◆ REQUIRED WORK
Scan the records beneath this line for the line holding "fn write(&self, _alloc: Global)" and the line holding "serde_json::Value::Array(_) => match", then transcribe exactly those two and all lines between.

◆ SUPPLIED ENTRIES
= = = = = = =
//! What a run has shown, and its end, as JSON.

ghost use Rattle.std.specs.Prelude.{◌≡◌, map};
ghost use Rattle.serde_json.specs.View.{view};
ghost use Rattle.state_forms.specs.Shapes.{Gives};
ghost use Rattle.state_forms.specs.Shown.{item_by, end_word, end_by, end_in_list};

use crate::forms::{Json, array_of, list_value, string, text};
use crate::stop::ReadStop;
use hog_value::{End, HogText, Request, TraceItem};
use serde_json::Value;
use std::alloc::{AllocError, Global};
use std::convert::AsStr;

/// An item by its letter.
fn read_item_by(alloc: Global, tag: &str, rest: &[Value]) -> Result<TraceItem, ReadStop>
    ensures { Gives (λ i. i) result (item_by tag.now (map view rest.now)) }
{
    match rest {
        [d] => {
            if tag == "p" {
                Ok(TraceItem::Printed(text(alloc, d)?))
            } else {
                Err(ReadStop::Refused)
            }
        }
        [d, e] => {
            if tag == "r" {
                let url = text(alloc, d)?;
                let options = text(alloc, e)?;
                Ok(TraceItem::Asked(Request { url, options }))
            } else {
                Err(ReadStop::Refused)
            }
        }
        _ => Err(ReadStop::Refused),
    }
}

impl Json for TraceItem {
    ghost use Rattle.state_forms.specs.Shown.{item_in, item_data};

    ghost written = { item_data };

    ghost reads = { item_in };

    ghost fits = { λ _. Unit {0} };

    fn read(alloc: Global, v: &Value) -> Result<TraceItem, ReadStop> {
        match array_of(v)? {
            [d, rest @ ..] => match d.as_str() {
                Some(tag) => read_item_by(alloc, tag, rest),
                None => Err(ReadStop::Refused),
            },
            _ => Err(ReadStop::Refused),
        }
    }

    fn write(&self, alloc: Global) -> Result<Value, AllocError> {
        match self {
            TraceItem::Printed(t) => {
                let tag = string(alloc, "p")?;
                let held = string(alloc, t.as_str())?;
                Ok(list_value(vec![in alloc; tag, held]?))
            }
            TraceItem::Asked(request) => {
                let tag = string(alloc, "r")?;
                let url = string(alloc, request.url.as_str())?;
                let options = string(alloc, request.options.as_str())?;
                Ok(list_value(vec![in alloc; tag, url, options]?))
            }
        }
    }
}

/// An end that has no text.
fn read_end_word(s: &str) -> Result<End, ReadStop>
    ensures { Gives (λ e. e) result (end_word s.now) }
{
    if s == "turns" {
        Ok(End::TurnsSpent)
    } else if s == "memory" {
        Ok(End::MemorySpent)
    } else if s == "deep" {
        Ok(End::TooDeep)
    } else if s == "fetches" {
        Ok(End::TooManyFetches)
    } else {
        Err(ReadStop::Refused)
    }
}

/// An end with its text.
fn end_by(tag: &str, text: HogText) -> Result<End, ReadStop>
    ensures { Gives (λ e. e) result (end_by tag.now text) }
{
    if tag == "done" {
        Ok(End::Done(text))
    } else if tag == "threw" {
        Ok(End::Threw(text))
    } else {
        Err(ReadStop::Refused)
    }
}

fn read_end_list(alloc: Global, items: &[Value]) -> Result<End, ReadStop>
    ensures { Gives (λ e. e) result (end_in_list (map view items.now)) }
{
    match items {
        [k, d] => {
            let tag = text(alloc, k)?;
            let held = text(alloc, d)?;
            end_by(tag.as_str(), held)
        }
        _ => Err(ReadStop::Refused),
    }
}

impl Json for End {
    ghost use Rattle.state_forms.specs.Shown.{end_in, end_data};

    ghost written = { end_data };

    ghost reads = { end_in };

    ghost fits = { λ _. Unit {0} };

    fn read(alloc: Global, v: &Value) -> Result<End, ReadStop> {
        match v.as_str() {
            Some(s) => read_end_word(s),
            None => read_end_list(alloc, array_of(v)?),
        }
    }

    fn write(&self, alloc: Global) -> Result<Value, AllocError> {
        match self {
            End::Done(t) => {
                let tag = string(alloc, "done")?;
                let held = string(alloc, t.as_str())?;
                Ok(list_value(vec![in alloc; tag, held]?))
            }
            End::Threw(t) => {
                let tag = string(alloc, "threw")?;
                let held = string(alloc, t.as_str())?;
                Ok(list_value(vec![in alloc; tag, held]?))
            }
            End::TurnsSpent => string(alloc, "turns"),
            End::MemorySpent => string(alloc, "memory"),
            End::TooDeep => string(alloc, "deep"),
            End::TooManyFetches => string(alloc, "fetches"),
        }
    }
}
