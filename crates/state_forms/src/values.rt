//! Values, pairs and cells as JSON.

ghost use Rattle.std.specs.Prelude.{◌≡◌, ◌<◌, ◌^◌, ℕ, IfOk, length, map, [], bytes_eq};
ghost use Rattle.std.specs.List.{AllByRecursion, IsDistinct};
ghost use Rattle.std.specs.Map.{keys_of};
ghost use Rattle.serde_json.specs.View.{view};
ghost use Rattle.hog_value.specs.Views.{cell_of};
ghost use Rattle.state_forms.specs.Shapes.{Gives, list, each, list_by};
ghost use Rattle.state_forms.specs.Values.{pair_in, pairs_from, pair_data, cell_by, cell_in, cell_data, PairFits, CellFits};

use crate::forms::{
    Json, array_of, list_value, number, number_u32, read_all, string, text, write_all,
};
use crate::stop::ReadStop;
use hog_value::{Cell, FunCell, Heap, HogText, Items, Numbers, Pairs, Value};
use indexmap::IndexMap;
use serde_json::Number;
use std::alloc::{AllocError, Global};
use std::convert::AsStr;

impl Json for u32 {
    ghost use Rattle.std.specs.Prelude.{◌<◌, ◌^◌};
    ghost use Rattle.state_forms.specs.Shapes.{u32_in, number_data};

    ghost written = { number_data };

    ghost reads = { u32_in };

    ghost fits = { λ n. n < 2 ^ 32 };

    fn read(_alloc: Global, v: &serde_json::Value) -> Result<u32, ReadStop> {
        number_u32(v)
    }

    fn write(&self, _alloc: Global) -> Result<serde_json::Value, AllocError> {
        Ok(number(*self))
    }
}

impl Json for Value {
    ghost use Rattle.state_forms.specs.Values.{value_in, value_data, ValueFits};

    ghost written = { value_data };

    ghost reads = { value_in };

    ghost fits = { ValueFits };

    fn read(_alloc: Global, v: &serde_json::Value) -> Result<Value, ReadStop> {
        match v {
            serde_json::Value::Null => Ok(Value::Null),
            serde_json::Value::Bool(b) => Ok(Value::Bool(*b)),
            serde_json::Value::Number(n) => match n.as_i64() {
                Some(i) => Ok(Value::Int(i)),
                None => Err(ReadStop::Refused),
            },
            serde_json::Value::Array(_) => match array_of(v)? {
                [d] => Ok(Value::Ref(number_u32(d)?)),
                _ => Err(ReadStop::Refused),
            },
            _ => Err(ReadStop::Refused),
        }
    }

    fn write(&self, alloc: Global) -> Result<serde_json::Value, AllocError> {
        match self {
            Value::Null => Ok(serde_json::Value::Null),
            Value::Bool(b) => Ok(serde_json::Value::Bool(*b)),
            Value::Int(i) => Ok(serde_json::Value::Number(Number::from(*i))),
            Value::Ref(n) => Ok(serde_json::Value::Array(vec![in alloc; number(*n)]?)),
        }
    }
}

/// A key and its value.
fn read_pair(alloc: Global, v: &serde_json::Value) -> Result<(HogText, Value), ReadStop>
    ensures gives { Gives (λ p. p) result (pair_in (view v.now)) }
    ensures ranged { IfOk result PairFits }
{
    match array_of(v)? {
        [k, x] => {
            let key = text(alloc, k)?;
            let value = Value::read(alloc, x)?;
            Ok((key, value))
        }
        _ => Err(ReadStop::Refused),
    }
}

/// Pairs, with no key twice.
fn read_pairs(alloc: Global, items: &[serde_json::Value]) -> Result<Pairs, ReadStop>
    ensures gives { Gives (λ p. p) result (pairs_from [] (map view items.now)) }
    ensures ranged { IfOk result (AllByRecursion PairFits) }
    ensures distinct { IfOk result (λ ps. IsDistinct bytes_eq (keys_of ps)) }
{
    let mut map = IndexMap::new(alloc);
    for item in items {
        match read_pair(alloc, item) {
            Ok((key, value)) => {
                if map.insert(key, value)?.is_some() {
                    return Err(ReadStop::Refused);
                }
            }
            Err(e) => return Err(e),
        }
    }
    Ok(Pairs::new(map))
}

fn write_pair(alloc: Global, key: &HogText, value: &Value) -> Result<serde_json::Value, AllocError>
    ensures form { IfOk result (λ v. view v ≡ pair_data (key.now, value.now)) }
    ensures ranged { IfOk result (λ _. PairFits (key.now, value.now)) }
{
    let name = string(alloc, key.as_str())?;
    let held = value.write(alloc)?;
    Ok(serde_json::Value::Array(vec![in alloc; name, held]?))
}

fn write_pairs(alloc: Global, pairs: &Pairs) -> Result<serde_json::Value, AllocError>
    ensures form { IfOk result (λ v. view v ≡ list (map pair_data pairs.now)) }
    ensures ranged { IfOk result (λ _. AllByRecursion PairFits pairs.now) }
    ensures distinct { IsDistinct bytes_eq (keys_of pairs.now) }
{
    let map = pairs.map();
    let mut written = Vec::new(alloc);
    for i in 0..map.len() {
        let Some((key, value)) = map.get_index(i) else {
            unreachable!()
        };
        written.push(write_pair(alloc, key, value)?)?;
    }
    Ok(list_value(written))
}

/// A cell by its letter.
fn read_cell_by(alloc: Global, tag: &str, rest: &[serde_json::Value]) -> Result<Cell, ReadStop>
    ensures gives { Gives cell_of result (cell_by tag.now (map view rest.now)) }
    ensures ranged { IfOk result (λ c. CellFits (cell_of c)) }
{
    match rest {
        [d] => {
            if tag == "t" {
                Ok(Cell::Text(text(alloc, d)?))
            } else if tag == "a" {
                Ok(Cell::Array(Items::new(read_all(alloc, array_of(d)?)?)))
            } else if tag == "d" {
                Ok(Cell::Dict(read_pairs(alloc, array_of(d)?)?))
            } else {
                Err(ReadStop::Refused)
            }
        }
        [d, e] => {
            if tag == "f" {
                let place = number_u32(d)?;
                let captured = Numbers::new(read_all(alloc, array_of(e)?)?);
                Ok(Cell::Fun(FunCell { place, captured }))
            } else {
                Err(ReadStop::Refused)
            }
        }
        _ => Err(ReadStop::Refused),
    }
}

/// A cell.
pub fn read_cell(alloc: Global, v: &serde_json::Value) -> Result<Cell, ReadStop>
    ensures gives { Gives cell_of result (cell_in (view v.now)) }
    ensures ranged { IfOk result (λ c. CellFits (cell_of c)) }
{
    match array_of(v)? {
        [d, rest @ ..] => match d.as_str() {
            Some(tag) => read_cell_by(alloc, tag, rest),
            None => Err(ReadStop::Refused),
        },
        _ => Err(ReadStop::Refused),
    }
}

/// The form of a cell.
pub fn write_cell(alloc: Global, cell: &Cell) -> Result<serde_json::Value, AllocError>
    ensures form { IfOk result (λ v. view v ≡ cell_data (cell_of cell.now)) }
    ensures ranged { IfOk result (λ _. CellFits (cell_of cell.now)) }
{
    match cell {
        Cell::Text(t) => {
            let tag = string(alloc, "t")?;
            let held = string(alloc, t.as_str())?;
            Ok(serde_json::Value::Array(vec![in alloc; tag, held]?))
        }
        Cell::Array(items) => {
            let tag = string(alloc, "a")?;
            let held = write_all(alloc, items.items())?;
            Ok(serde_json::Value::Array(vec![in alloc; tag, held]?))
        }
        Cell::Dict(pairs) => {
            let tag = string(alloc, "d")?;
            let held = write_pairs(alloc, pairs)?;
            Ok(serde_json::Value::Array(vec![in alloc; tag, held]?))
        }
        Cell::Fun(f) => {
            let tag = string(alloc, "f")?;
            let place = number(f.place);
            let held = write_all(alloc, f.captured.items())?;
            Ok(serde_json::Value::Array(vec![in alloc; tag, place, held]?))
        }
    }
}

/// The cells of an array.
#[tactic(auto, unfolding(crate::specs::Shapes::list_by))]
pub fn read_cells(alloc: Global, v: &serde_json::Value) -> Result<Vec<Cell>, ReadStop>
    ensures gives { Gives (λ cells. map cell_of cells.items) result (list_by cell_in (view v.now)) }
    ensures ranged { IfOk result (λ cells. AllByRecursion CellFits (map cell_of cells.items)) }
{
    match array_of(v) {
        Ok(items) => read_all_cells(alloc, items),
        Err(e) => Err(e),
    }
}

/// Each of the items, a cell.
fn read_all_cells(alloc: Global, items: &[serde_json::Value]) -> Result<Vec<Cell>, ReadStop>
    ensures gives { Gives (λ cells. map cell_of cells.items) result (each cell_in (map view items.now)) }
    ensures ranged { IfOk result (λ cells. AllByRecursion CellFits (map cell_of cells.items)) }
{
    let mut found = Vec::new(alloc);
    for item in items {
        match read_cell(alloc, item) {
            Ok(cell) => found.push(cell)?,
            Err(e) => return Err(e),
        }
    }
    Ok(found)
}

/// The array of the forms of a heap's cells.
pub fn write_cells(alloc: Global, heap: &Heap) -> Result<serde_json::Value, AllocError>
    requires { length heap.now < 2 ^ 32 }
    ensures form { IfOk result (λ v. view v ≡ list (map cell_data heap.now)) }
    ensures ranged { IfOk result (λ _. AllByRecursion CellFits heap.now) }
{
    let mut written = Vec::new(alloc);
    for i in 0..heap.len() {
        written.push(write_cell(alloc, heap.get(i as u32))?)?;
    }
    Ok(list_value(written))
}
= = = = = = =
◆ ANSWER
    fn write(&self, _alloc: Global) -> Result<serde_json::Value, AllocError> {
        Ok(number(*self))
    }
}

impl Json for Value {
    ghost use Rattle.state_forms.specs.Values.{value_in, value_data, ValueFits};

    ghost written = { value_data };

    ghost reads = { value_in };

    ghost fits = { ValueFits };

    fn read(_alloc: Global, v: &serde_json::Value) -> Result<Value, ReadStop> {
        match v {
            serde_json::Value::Null => Ok(Value::Null),
            serde_json::Value::Bool(b) => Ok(Value::Bool(*b)),
            serde_json::Value::Number(n) => match n.as_i64() {
                Some(i) => Ok(Value::Int(i)),
                None => Err(ReadStop::Refused),
            },
            serde_json::Value::Array(_) => match array_of(v)? {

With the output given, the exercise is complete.